Mossholder v. Coker
2017 Ark. App. 279
Ark. Ct. App.2017Background
- Parents Ardith Laray Mossholder (Laray) and Daniel Coker divorced; two children H.C. (b. 2004) and D.C. (b. 2005) were the subject of repeated allegations by Laray that Daniel sexually abused them. Multiple DHS and sheriff investigations found the allegations unsubstantiated.
- After years of competing motions and shifting temporary custody, the circuit court ordered forensic evaluations; Dr. Paul Deyoub diagnosed Laray with borderline personality disorder and concluded the children denied abuse and had been coached by Laray.
- In August–September 2013, the trial court granted Martha Coker’s oral motion to intervene and placed the children in her temporary custody, finding neither parent fit for custody at that time.

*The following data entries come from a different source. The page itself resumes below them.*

ghost use Rattle.rtm_board.specs.All.{AreAll};

use rtm_board::{Notes, all_notes};
use rtm_deck::read_deck;
use rtm_model::{End, Entry, What};
use rtm_system::{Arrived, Stepped, System};
use rtm_trace::trace_text;
use std::alloc::Global;
use std::process::Abort;
use std::test::Fail;

// A batch of four tasks: a retry, an abend with a dump, and a cancel that an ESTAI routine sees. It arrives before its
// entry, since nobody goes on.
const BATCH: &str = "MAIN PROG
 GET ENQ,100
 ESTAEX CT,PGM=MAINREC,TERM=YES
 ATTACHX READ,ESTAI=WATCH
 ATTACHX CALC,ESTAI=WATCH,TERM=YES
 ATTACHX PRINT
 WAITT READ
 WAITT CALC
 WAITT PRINT
 FREE ENQ,100
 RETURN
 PEND
READER PROG
 GET DSN,1
 ESTAEX CT,PGM=READREC
 ABEND S0C4,REASON=10
GOON FREE DSN,1
 POST 1
 RETURN
 PEND
CALCPGM PROG
 GET STOR,64
 WAIT 2
 RETURN
 PEND
PRINTER PROG
 GET DSN,2
 WAIT 1
 ABEND U0020,DUMP=YES
 PEND
READREC PROG
 SETRP RC=4,RETADDR=GOON,RECORD=YES
 PEND
MAINREC PROG
 PEND
WATCH PROG
 NOP
 PEND
JOB TASK PGM=MAIN
READ TASK PGM=READER
CALC TASK PGM=CALCPGM
PRINT TASK PGM=PRINTER
 OPER
 CANCEL CALC,AT=30
 END
";

const BATCH_TRACE: &str = "RTMTRACE 1
0 JOB EXEC MAIN.1 RC=0
1 JOB EXEC MAIN.2 RC=0
2 JOB EXEC MAIN.3 RC=0
3 READ EXEC READER.1 RC=0
4 JOB EXEC MAIN.4 RC=0
5 READ EXEC READER.2 RC=0
6 CALC EXEC CALCPGM.1 RC=0
7 JOB EXEC MAIN.5 RC=0
8 READ ERROR READER.3 S0C4 REASON=00000010
9 PRINT EXEC PRINTER.1 RC=0
10 READ ENTER ESTAE 5 S0C4 REASON=00000010
11 READ EXEC READREC.1 RC=0
12 READ LEAVE ESTAE 5 RETRY READER.4 LOGREC
13 READ EXEC READER.4 RC=0
14 READ EXEC READER.5 RC=0
15 PRINT EXEC PRINTER.2 RC=0
16 READ BEGIN S000
17 PRINT ERROR PRINTER.3 U0020
18 READ DONE S000
19 PRINT BEGIN U0020 DUMP
20 JOB EXEC MAIN.6 RC=0
21 PRINT RELEASE DSN 2 PRINT
22 PRINT DONE U0020
23 CALC ARRIVE 0 QUEUED
24 CALC LAND CANCEL 23 S222 CLUP
25 CALC ENTER ESTAI 4 S222 CLUP
26 CALC EXEC WATCH.1 RC=0
27 CALC LEAVE ESTAI 4 PERC
28 CALC BEGIN S222
29 CALC RELEASE STOR 64 CALC
30 CALC DONE S222
31 JOB EXEC MAIN.7 RC=0
32 JOB EXEC MAIN.8 RC=0
33 JOB EXEC MAIN.9 RC=0
34 JOB BEGIN S000
35 JOB DONE S000
36 * MEMEND
END ENDED
";

// A retry that never gets on.
const LOOP: &str = " REGION LIMIT=6
MAIN PROG
 ESTAEX CT,PGM=FIX
AGAIN ABEND S0C4
 PEND
FIX PROG
 SETRP RC=4,RETADDR=AGAIN
 PEND
JOB TASK PGM=MAIN
 END
";

const LOOP_TRACE: &str = "RTMTRACE 1
0 JOB EXEC MAIN.1 RC=0
1 JOB ERROR MAIN.2 S0C4
2 JOB ENTER ESTAE 0 S0C4
3 JOB EXEC FIX.1 RC=0
4 JOB LEAVE ESTAE 0 RETRY MAIN.2
5 JOB ERROR MAIN.2 S0C4
END LIMIT
";

// The event is never posted.
const STALL: &str = "MAIN PROG
 ATTACHX A
 WAITT A
 PEND
WAITER PROG
 NOP
 WAIT 1
 PEND
JOB TASK PGM=MAIN
A TASK PGM=WAITER
 END
";

const STALL_TRACE: &str = "RTMTRACE 1
0 JOB EXEC MAIN.1 RC=0
1 A EXEC WAITER.1 RC=0
END STALLED
";

// The unit steps by itself.
fn step(rt: &impl Abort, system: &mut System, unit: u16) -> Stepped {
    assert!(rt; unit <= system.deck().unit_count());
    system.step(unit)
}

// The entry's unit makes it by itself, or its command lets it arrive, once.
fn make(rt: &impl Abort, system: &mut System, notes: &mut Notes, entry: Entry) {
    match entry.what {
        What::Arrive { cmd, .. } => {
            let note = notes
                .pick(cmd)
                .expect(rt, "the note of each command is there");
            assert_eq!(rt; system.arrive(&note), Arrived::Made(entry));
            assert_eq!(rt; system.arrive(&note), Arrived::NotYet);
            notes.put_back(note);
        }
        _ => assert_eq!(rt; step(rt, system, entry.unit), Stepped::Made(entry)),
    }
}

// Who stands where a turn is and isn't found by it has no entry.
fn pass_over(rt: &impl Abort, system: &mut System, turn: u16, entry: Entry) {
    let arrives = matches!(entry.what, What::Arrive { .. });
    if !arrives && turn != entry.unit {
        assert_eq!(rt; step(rt, system, turn), Stepped::NotReady);
    }
}

// The history goes on.
fn goes_on(rt: &impl Abort, system: &System) {
    assert!(rt; !system.is_over());
    assert!(rt; system.end().is_none());
}

// What one system makes in turns the other makes in steps.
fn runs_beside(
    rt: &impl Abort,
    alloc: Global,
    text: &str,
    trace: &str,
    end: End,
    last: Stepped,
) -> Result<(), Fail> {
    let deck = read_deck(alloc, text.as_bytes())?;
    let mut shown = all_notes(alloc, &deck)?;
    let mut stepping = System::new(alloc, deck.copy(alloc)?)?;
    let mut notes = all_notes(alloc, &deck)?;
    let mut turning = System::new(alloc, deck)?;
    let mut turn = 0;
    'turns: while let Ok(entry) = turning.turn(turn) {
        goes_on(rt, &stepping);
        pass_over(rt, &mut stepping, turn, entry);
        make(rt, &mut stepping, &mut shown, entry);
        turn = turning.turn_after(turn, &entry);
        turning.make_next(&mut notes, entry);
    }
    assert!(rt; turning.turn(turn).err() == Some(end));
    assert!(rt; stepping.end() == Some(end) && turning.end() == Some(end));
    assert!(rt; stepping.is_over() == (end != End::Limit));
    assert_eq!(rt; step(rt, &mut stepping, 0), last);
    let made = trace_text(alloc, stepping.deck(), stepping.trace(), end)?;
    assert!(rt; made.as_slice() == trace.as_bytes());
    Ok(())
}

#[test]
fn steps_make_what_turns_find(rt: HostRuntime) -> Result<(), Fail> {
    runs_beside(
        &rt,
        rt.alloc(),
        BATCH,
        BATCH_TRACE,
        End::Ended,
        Stepped::IsOver,
    )
}

#[test]
fn steps_end_at_the_limit(rt: HostRuntime) -> Result<(), Fail> {
    runs_beside(
        &rt,
        rt.alloc(),
        LOOP,
        LOOP_TRACE,
        End::Limit,
        Stepped::AtLimit,
    )
}

#[test]
fn steps_end_where_a_run_stalls(rt: HostRuntime) -> Result<(), Fail> {
    runs_beside(
        &rt,
        rt.alloc(),
        STALL,
        STALL_TRACE,
        End::Stalled,
        Stepped::IsOver,
    )
}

- Martha filed a guardianship petition in January 2014; a January 2015 hearing led to a July 7, 2015 order appointing Martha permanent guardian, finding Martha suitable and Laray unsuitable (poisoning the children’s minds, coaching false statements, credibility problems), and suspending Laray’s visitation pending treatment.
- Laray appealed, arguing (1) Martha failed to properly intervene under Ark. R. Civ. P. 24(c); (2) Martha is an unsuitable guardian; and (3) Martha failed to prove Laray unfit. The Court of Appeals affirmed.
Issues
| Issue | Plaintiff's Argument (Laray) | Defendant's Argument (Martha) | Held |
|---|---|---|---|
| Whether Martha properly intervened under Ark. R. Civ. P. 24(c) | Martha never filed a written verified motion to intervene as required | Martha orally moved at hearing; court treated pleadings as conforming to proof; Laray had notice and defended the guardianship | No abuse of discretion; intervention was effective where there was no surprise or prejudice |
| Whether Martha is a suitable guardian | Martha is unsuitable because much of the alleged abuse occurred in her home and she protects Daniel | Martha has cared for the children, they are stable and thriving with her, and the court found Daniel did not abuse the children | Court did not clearly err: ample evidence Martha is suitable |
| Whether Martha had to prove Laray unfit before appointing a nonparent guardian | Laray: Martha failed because she did not produce proof Laray was unfit | Martha: statutory preference requires showing guardian is suitable and child’s best interest, not proving parental unfitness | Court: Martha was not required to prove Laray unfit; Fletcher controls — focus is on suitability and best interest |
| Whether the trial court’s factual findings (coaching, credibility, best interest) were clearly erroneous | Laray disputes findings that she coached children and was not credible | Trial court relied on forensic evaluation, therapist testimony, multiple investigations, and observed testimony over many days | Findings not clearly erroneous; appellate court defers to trial court’s credibility assessments |
Key Cases Cited
- Bradford v. Bradford, 915 S.W.2d 723 (Ark. App. 1996) (court may treat pleadings as amended to conform to proof when no surprise or prejudice)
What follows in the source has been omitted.